Functional. Not acceptable for a customer-facing SKU. Bumped clearance from 0.8 to 1.0mm.
The progression is worth recording, because we're going to need this number on every Sorted3D part with printed threads going forward:
- 0.4mm clearance: screw will not start. Total bind.
- 0.8mm clearance: screw threads in but cuts material on first turn. Functional after break-in.
- 1.0mm clearance: screw threads freely from the first turn. Comfortable running fit.

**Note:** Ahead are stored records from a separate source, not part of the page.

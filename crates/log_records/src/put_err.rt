ghost use Rattle.std.specs.Prelude.{◌≡◌};
ghost use Rattle.log_records.specs.Copying.{read_from_put};
ghost use Rattle.log_records.specs.declared.put_err.PutErr.TheVariants as put_err;

use disk_model::Failed;
use formats::ReadErr;

// Why a record was not put into a new log.
#[derive(Clone, Copy)]
pub enum PutErr {
    // A call to the device failed.
    DiskFault,
    // There is no memory left.
    Memory,
}

impl From<Failed> for PutErr {
    ghost from_gives = { λ _ e. e ≡ put_err.DiskFault };

    fn from(_: Failed) -> Self {
        PutErr::DiskFault
    }
}

impl From<oper_core::Memory> for PutErr {
    ghost from_gives = { λ _ e. e ≡ put_err.Memory };

    fn from(_: oper_core::Memory) -> Self {
        PutErr::Memory
    }
}

impl From<PutErr> for ReadErr {
    ghost from_gives = { λ cause e. e ≡ read_from_put cause };

    fn from(cause: PutErr) -> Self {
        match cause {
            PutErr::DiskFault => ReadErr::DiskFault,
            PutErr::Memory => ReadErr::Memory,
        }
    }
}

That's on the AD5M and SV08 with our production PETG profile (245°C nozzle, 80°C bed, 0.20mm layer, three walls, 25% infill). It's not a property of the SCAD library, it's a property of our printers. Different printer, different filament, you re-test. But for this shop, on these printers, the answer is 1.0mm.
I saved it to project memory so I don't relearn it on the snackle box latch next month.
What's done, what's next
Done today:
- v4 of the hub-blind pole clamp: base + cap + screw, no bayonet, ball socket for the extension pole, ~50% volume reduction from v3, threads that actually thread.
- Pole size gauge (the slot-style one) so the user can measure his TIDEWE blind without calipers. Print once, keep forever, sized any future blind.
- Project memory entry for PETG thread clearance so the next thread isn't a fresh failure.
Still ahead, in order:
- Test print of v4 base + cap + screws on the user's TIDEWE blind. Confirm grip strength across the 8–17mm range.
- Extension pole design: 16mm ball on each end, length TBD by where the user wants the table sitting relative to the blind pole.
- Stowable ball socket on the table's underside, so the pole stores against the table when not deployed.
- Table itself: round, 8–10 inches, with the deployed ball socket on one side and the stowed socket on the other.
- Etsy listing as a single SKU once all four parts pass field test.
The clamp is the load-bearing core of the whole SHL line. Everything else hangs off it. Getting v4 right is what unlocks the rest of the year for this product line.
The lesson
Most of today was me doing geometry wrong and the user catching it. The ball-joint pivot was his. The "the threads don't start at the tip" diagnosis was his. The "this thing is too big" was his.
What I owe is sharper renders earlier, with the pole modeled — not just the void where the pole goes. If I'd put a 12mm cylinder in the v2 assembly preview, the screw-through-the-pole-space bug would have been obvious before he ever sliced an STL. Same for the screw — if I'd modeled the screw inserted into the threaded base at maximum advance, the seven millimeters of air between the first male thread and the first female thread would have rendered as a literal visible gap. The CAD already knew. I wasn't asking it the right question.
Iteration is the cost of getting it right. Today it cost eight versions. Tomorrow, with a real test print on a real pole, we either ship a clamp or we count to nine.